◆ **Information shown**
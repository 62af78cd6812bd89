//! The order of durations.
ghost use Rattle.std.specs.Prelude.{◌≡◌, ◌<◌, ◌∷◌, [], ◌^◌, IfSome, neg_ℤ, false};
ghost use Rattle.jiff_core.specs.Calendar.{IsWithin};
ghost use Rattle.csvw_duration.specs.declared.value.DurationKind.TheVariants as kinds;
ghost use Rattle.csvw_duration.specs.Digits.{IsFraction, option_view};
ghost use Rattle.csvw_duration.specs.Values.{duration_fields};
ghost use Rattle.csvw_duration.specs.Order.{IsNear, fraction_nanoseconds, signed_value, duration_value, moment_after, moments_cmp, agreed, values_cmp};
ghost use Rattle.csvw_duration.specs.Order.{duration_cmp};

use crate::calendar::days_before_month;
use crate::digits::number;
use crate::value::{DurationKind, begins_with_minus, duration_fields};
use std::cmp::Ordering;

/// The months whose first days durations are added to, counted from January of the year 0 on.
const SEPTEMBER_1696: i64 = 1696 * 12 + 8;

const FEBRUARY_1697: i64 = 1697 * 12 + 1;

const MARCH_1903: i64 = 1903 * 12 + 2;

const JULY_1903: i64 = 1903 * 12 + 6;

/// The nanoseconds of a day.
const DAY_NANOSECONDS: i128 = 86_400_000_000_000;

/// The value of a duration.
#[derive(Clone, Copy)]
struct Value {
    /// The months of its years and months.
    months: i64,
    /// The nanoseconds of its days, hours, minutes and seconds.
    nanoseconds: i128,
}

/// Returns the nanoseconds that the digits of a fraction of a second count.
#[tactic(auto, unfolding(crate::specs::Order::fraction_nanoseconds))]
fn fraction_nanoseconds(digits: &[u8]) -> u64
    requires { IsFraction digits.now }
    ensures value { result ≡ fraction_nanoseconds digits.now }
    ensures small { result < 10 ^ 18 }
{
    number(digits) * 10u64.pow(9 - digits.len() as u32)
}

impl Value {
    /// Returns the value with the other sign.
    fn negated(self) -> Value
        requires { IsNear self.months self.nanoseconds }
        ensures months { result.months ≡ neg_ℤ self.months }
        ensures nanoseconds { result.nanoseconds ≡ neg_ℤ self.nanoseconds }
    {
        Value {
            months: -self.months,
            nanoseconds: -self.nanoseconds,
        }
    }
}

/// Returns the value of a text of a duration without its sign. Returns `None` for other texts.
fn size_of(text: &[u8]) -> Option<Value>
    ensures value { option_view (λ x. (x.months, x.nanoseconds)) result ≡ option_view (signed_value false) (duration_fields kinds.Any text.now) }
    ensures near { IfSome result (λ x. IsNear x.months x.nanoseconds) }
{
    let length = duration_fields(DurationKind::Any, text)?;
    let fraction = fraction_nanoseconds(length.fraction);
    Some(Value {
        months: length.months as i64,
        nanoseconds: i128::from(length.seconds) * 1_000_000_000 + i128::from(fraction),
    })
}

/// Returns the value of a text of a duration. Returns `None` for other texts.
fn value_of(text: &[u8]) -> Option<Value>
    ensures value { option_view (λ x. (x.months, x.nanoseconds)) result ≡ duration_value text.now }
    ensures near { IfSome result (λ x. IsNear x.months x.nanoseconds) }
{
    let value = size_of(text)?;
    if begins_with_minus(text) {
        Some(value.negated())
    } else {
        Some(value)
    }
}

/// Returns the moment at a duration after the first day of a month, in nanoseconds.
#[tactic(auto, unfolding(crate::specs::Order::moment_after))]
fn moment_after(start: i64, value: Value) -> i128
    requires start { IsWithin (10 ^ 5) start }
    requires near { IsNear value.months value.nanoseconds }
    ensures { result ≡ moment_after start (value.months, value.nanoseconds) }
{
    i128::from(days_before_month(start + value.months)) * DAY_NANOSECONDS + value.nanoseconds
}

/// Returns the order of the moments at two durations after the first day of a month.
fn compare_moments(start: i64, a: Value, b: Value) -> Ordering
    requires start { IsWithin (10 ^ 5) start }
    requires first { IsNear a.months a.nanoseconds }
    requires second { IsNear b.months b.nanoseconds }
    ensures { result ≡ moments_cmp (a.months, a.nanoseconds) (b.months, b.nanoseconds) start }
{
    moment_after(start, a).cmp(&moment_after(start, b))
}

/// Returns the order that all four have, or `None`.
fn agreed(a: Ordering, b: Ordering, c: Ordering, d: Ordering) -> Option<Ordering>
    ensures { result ≡ agreed (a ∷ b ∷ c ∷ d ∷ []) }
{
    if a.is_lt() && b.is_lt() && c.is_lt() && d.is_lt() {
        return Some(Ordering::Less);
    }
    if a.is_eq() && b.is_eq() && c.is_eq() && d.is_eq() {
        return Some(Ordering::Equal);
    }
    if a.is_gt() && b.is_gt() && c.is_gt() && d.is_gt() {
        return Some(Ordering::Greater);
    }
    None
}

/// Returns the order of two values, or `None` if they have none.
fn compare_values(a: Value, b: Value) -> Option<Ordering>
    requires first { IsNear a.months a.nanoseconds }
    requires second { IsNear b.months b.nanoseconds }
    ensures { result ≡ values_cmp (a.months, a.nanoseconds) (b.months, b.nanoseconds) }
{
    agreed(
        compare_moments(SEPTEMBER_1696, a, b),
        compare_moments(FEBRUARY_1697, a, b),
        compare_moments(MARCH_1903, a, b),
        compare_moments(JULY_1903, a, b),
    )
}

/// Returns how a duration stands to another: less, equal or greater, if it does so after each of four moments (XML Schema 1.1
/// part 2, section 3.3.6.1). The texts are read as `duration`, whether they are canonical or not. It takes no memory.
///
/// Returns `None` if the two have no order, as `P1M` and `P30D`, or if one of the texts is no duration.
#[tactic(auto, unfolding(crate::specs::Order::duration_cmp))]
pub fn compare_durations(a: &str, b: &str) -> Option<Ordering>
    ensures { result ≡ duration_cmp a.now b.now }
{
    let first = value_of(a.as_bytes())?;
    let second = value_of(b.as_bytes())?;
    compare_values(first, second)
}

◆ **Task instructions**
Nothing may be omitted; retype every record exactly.

◆ **The completed task**
repository 62af78cd6812bd89
//! The order of durations.
ghost use Rattle.std.specs.Prelude.{◌≡◌, ◌<◌, ◌∷◌, [], ◌^◌, IfSome, neg_ℤ, false};
ghost use Rattle.jiff_core.specs.Calendar.{IsWithin};
ghost use Rattle.csvw_duration.specs.declared.value.DurationKind.TheVariants as kinds;
ghost use Rattle.csvw_duration.specs.Digits.{IsFraction, option_view};
ghost use Rattle.csvw_duration.specs.Values.{duration_fields};
ghost use Rattle.csvw_duration.specs.Order.{IsNear, fraction_nanoseconds, signed_value, duration_value, moment_after, moments_cmp, agreed, values_cmp};
ghost use Rattle.csvw_duration.specs.Order.{duration_cmp};

use crate::calendar::days_before_month;
use crate::digits::number;
use crate::value::{DurationKind, begins_with_minus, duration_fields};
use std::cmp::Ordering;

/// The months whose first days durations are added to, counted from January of the year 0 on.
const SEPTEMBER_1696: i64 = 1696 * 12 + 8;

const FEBRUARY_1697: i64 = 1697 * 12 + 1;

const MARCH_1903: i64 = 1903 * 12 + 2;

const JULY_1903: i64 = 1903 * 12 + 6;

/// The nanoseconds of a day.
const DAY_NANOSECONDS: i128 = 86_400_000_000_000;

/// The value of a duration.
#[derive(Clone, Copy)]
struct Value {
    /// The months of its years and months.
    months: i64,
    /// The nanoseconds of its days, hours, minutes and seconds.
    nanoseconds: i128,
}

/// Returns the nanoseconds that the digits of a fraction of a second count.
#[tactic(auto, unfolding(crate::specs::Order::fraction_nanoseconds))]
fn fraction_nanoseconds(digits: &[u8]) -> u64
    requires { IsFraction digits.now }
    ensures value { result ≡ fraction_nanoseconds digits.now }
    ensures small { result < 10 ^ 18 }
{
    number(digits) * 10u64.pow(9 - digits.len() as u32)
}

impl Value {
    /// Returns the value with the other sign.
    fn negated(self) -> Value
        requires { IsNear self.months self.nanoseconds }
        ensures months { result.months ≡ neg_ℤ self.months }
        ensures nanoseconds { result.nanoseconds ≡ neg_ℤ self.nanoseconds }
    {
        Value {
            months: -self.months,
            nanoseconds: -self.nanoseconds,
        }
    }
}

/// Returns the value of a text of a duration without its sign. Returns `None` for other texts.
fn size_of(text: &[u8]) -> Option<Value>
    ensures value { option_view (λ x. (x.months, x.nanoseconds)) result ≡ option_view (signed_value false) (duration_fields kinds.Any text.now) }
    ensures near { IfSome result (λ x. IsNear x.months x.nanoseconds) }
{
    let length = duration_fields(DurationKind::Any, text)?;
    let fraction = fraction_nanoseconds(length.fraction);
    Some(Value {
        months: length.months as i64,
        nanoseconds: i128::from(length.seconds) * 1_000_000_000 + i128::from(fraction),
    })
}

/// Returns the value of a text of a duration. Returns `None` for other texts.
fn value_of(text: &[u8]) -> Option<Value>
    ensures value { option_view (λ x. (x.months, x.nanoseconds)) result ≡ duration_value text.now }
    ensures near { IfSome result (λ x. IsNear x.months x.nanoseconds) }
{
    let value = size_of(text)?;
    if begins_with_minus(text) {
        Some(value.negated())
    } else {
        Some(value)
    }
}

/// Returns the moment at a duration after the first day of a month, in nanoseconds.
#[tactic(auto, unfolding(crate::specs::Order::moment_after))]
fn moment_after(start: i64, value: Value) -> i128
    requires start { IsWithin (10 ^ 5) start }
    requires near { IsNear value.months value.nanoseconds }
    ensures { result ≡ moment_after start (value.months, value.nanoseconds) }
{
    i128::from(days_before_month(start + value.months)) * DAY_NANOSECONDS + value.nanoseconds
}

/// Returns the order of the moments at two durations after the first day of a month.
fn compare_moments(start: i64, a: Value, b: Value) -> Ordering
    requires start { IsWithin (10 ^ 5) start }
    requires first { IsNear a.months a.nanoseconds }
    requires second { IsNear b.months b.nanoseconds }
    ensures { result ≡ moments_cmp (a.months, a.nanoseconds) (b.months, b.nanoseconds) start }
{
    moment_after(start, a).cmp(&moment_after(start, b))
}

/// Returns the order that all four have, or `None`.
fn agreed(a: Ordering, b: Ordering, c: Ordering, d: Ordering) -> Option<Ordering>
    ensures { result ≡ agreed (a ∷ b ∷ c ∷ d ∷ []) }
{
    if a.is_lt() && b.is_lt() && c.is_lt() && d.is_lt() {
        return Some(Ordering::Less);
    }
    if a.is_eq() && b.is_eq() && c.is_eq() && d.is_eq() {
        return Some(Ordering::Equal);
    }
    if a.is_gt() && b.is_gt() && c.is_gt() && d.is_gt() {
        return Some(Ordering::Greater);
    }
    None
}

/// Returns the order of two values, or `None` if they have none.
fn compare_values(a: Value, b: Value) -> Option<Ordering>
    requires first { IsNear a.months a.nanoseconds }
    requires second { IsNear b.months b.nanoseconds }
    ensures { result ≡ values_cmp (a.months, a.nanoseconds) (b.months, b.nanoseconds) }
{
    agreed(
        compare_moments(SEPTEMBER_1696, a, b),
        compare_moments(FEBRUARY_1697, a, b),
        compare_moments(MARCH_1903, a, b),
        compare_moments(JULY_1903, a, b),
    )
}

/// Returns how a duration stands to another: less, equal or greater, if it does so after each of four moments (XML Schema 1.1
/// part 2, section 3.3.6.1). The texts are read as `duration`, whether they are canonical or not. It takes no memory.
///
/// Returns `None` if the two have no order, as `P1M` and `P30D`, or if one of the texts is no duration.
#[tactic(auto, unfolding(crate::specs::Order::duration_cmp))]
pub fn compare_durations(a: &str, b: &str) -> Option<Ordering>
    ensures { result ≡ duration_cmp a.now b.now }
{
    let first = value_of(a.as_bytes())?;
    let second = value_of(b.as_bytes())?;
    compare_values(first, second)
}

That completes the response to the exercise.